■ TO DO
Find the string "moves" in the records. Copy every line it appears in.

■ Collected data

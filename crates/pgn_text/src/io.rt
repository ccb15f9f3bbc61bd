//! Bytes read and written: readers and writers with a tally, and the blocks of a text.

pub(crate) mod blocks;
pub(crate) mod buffer;
pub(crate) mod limits;
pub(crate) mod skip;
pub(crate) mod tally;
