/// What is kept of the parts of a game.
trait TokenVisitor<'a>: Drop {
    type Error;

    ghost use Rattle.std.specs.Prelude.{ℕ, ◌≤◌, List, ◌++◌, Option, OnOk, IfOk, length};
    ghost use Rattle.std.specs.Option.{option_or};
    ghost use Rattle.pgn_text.specs.Public.Games.{Item};
    ghost use Rattle.pgn_text.specs.Private.Reading.{items_of_kept, named_kept};
    ghost use Rattle.pgn_text.specs.Private.Tokens.{token_of};
    ghost use Rattle.pgn_text.specs.Private.Movetext.{AddsElements, PlainTo};

    // Holds where these tags and elements were kept.
    ghost kept: { Self → (List ℕ → Option (List ℕ)) → List Item → Type 0 };

    fn keep(&mut self, token: Token<'a>) -> Result<(), Self::Error>
        ensures { OnOk result ((tags : List ℕ → Option (List ℕ)) (items : List Item)
            → kept self.old tags items
            → kept self.new (λ wanted.
            option_or (tags wanted) (named_kept wanted (token_of token.entry))) (items
            ++ items_of_kept (token_of token.entry))) };

    /// Keeps the moves of plain movetext from the place of the block on, and answers the place up
    /// to which it stands; more of it may follow.
    fn keep_plain(&mut self, block: &'a [u8], at: usize) -> Result<usize, Self::Error>
        requires { at ≤ length block.now }
        ensures { IfOk result (λ end. (moves : List Item) × PlainTo block.now at moves end
            × AddsElements (kept self.old) (kept self.new) moves) };
}

/// Keeps nothing: for what asks only where a game ends.
#[derive(Drop)]
struct DiscardTokens {}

■ ANSWER TO THIS EXERCISE
    /// Keeps the moves of plain movetext from the place of the block on, and answers the place up
        ensures { IfOk result (λ end. (moves : List Item) × PlainTo block.now at moves end
            × AddsElements (kept self.old) (kept self.new) moves) };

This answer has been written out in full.